Dans un discours diffusé par la chaine saoudienne Al Arabiya, Hariri a accusé ouvertement Hezbollah chiite et l'Iran de "mainmise" sur le Liban et en disant craindre pour sa vie.

La démission, totalement inattendue, intervient un an après sa nomination. Les observateurs de la scène politique libanaise ne manque pas de la relier aux pertes subies par l'Arabie saoudite en Syrie. "Vaincue en Syrie, ils veulent allumer le Liban", affirment-ils.

Pour l’ancien président libanais Michel Sleiman, le LIban est entré dans un tunnel obscur et il convient de serrer les rangs pour s'en sortir

Le rédacteur en chef du journal libanais Al Akhabar, Pierre Abi Saab, estime pour sa part que l'Arabie Saoudite a entamé sa stratégie pour la destabilisation du Liban. Soit. Mais ca ne sera pas la première guerre que les Al Saoud perdront. Celle-ci sera coûteuse pour tous"

Pour le rédacteur en chef de Beirutpress, Ghassan Jawad, affirme que "l'Arabie va mener sa dernière bataille au Liban" et qu'il "serait honteux d'accepter d'être gouverné par la "marionnette" qu'est Saad Hariri.

L'homme politique et parlementaire Walid Joumblatt préfère, quant à lui, tourner en dérision les "craintes" de Hariri pour sa vie. Il rappellera, dans ce sens, au "réfugié" au royaume wahabbite le verset coranique affirmant que la mort peut nous rattraper même dans les palais les plus fortifiés.

Beaucoup d'internautes libanais s'interrogent sur le choix du lieu de la démission et son sens.

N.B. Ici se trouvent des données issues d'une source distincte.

//! The flat forms that sessions run.
ghost use Rattle.std.specs.Prelude.{◌≡◌, ◌<◌, length};
ghost use Rattle.std.specs.List.{AllByRecursion};
ghost use Rattle.asl_model.specs.Tree.{tree_of};
ghost use Rattle.asl_model.specs.Valid.{IsValid};
ghost use Rattle.asl_model.specs.Walked.{HasRisingNames};
ghost use Rattle.world_model.specs.Flat.{block_of};
ghost use Rattle.continuation_gen.specs.Numbering.{flat_form};
ghost use Rattle.unum_world.specs.Openings.{opening_as, AreAllValid, Fits};

use crate::opening::Opening;
use continuation_gen::Compiled;
use unum_ir::Ir;
use unum_json::Fields;

/// The flat form that a session runs.
pub fn form_of(o: &Opening, session: u32) -> &Ir
    requires fits { Fits o.now }
    requires there { session < length o.now.sessions }
    ensures { result.now ≡ flat_form (block_of (opening_as o.now) session) }
{
    let Some(session) = o.sessions.get(session as usize) else {
        unreachable!();
    };
    match o.machines.as_slice().get(session.machine as usize) {
        Some(row) => row.1.ir(),
        None => unreachable!(),
    }
}

/// Each machine is valid, since its flat form was made.
pub fn machines_are_valid(machines: &Fields<Compiled>)
    ensures { AreAllValid machines.now }
{
    for row in machines.as_slice() {
        let _machine = row.1.machine();
    }
}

D'autres s'intérrogent même si Saad Hariri n'était pas en "résidence surveillée"

Cette démission-surprise annoncée depuis Ryad est sans nulle doute imposée par l'Arabie Saoudite. Dans sa guerre ouverte avec l'Iran, Ryad augmente la pression sur un pays arabe dont la fragilité ne peut supporter le poids des jeux géopolitiques dans la région.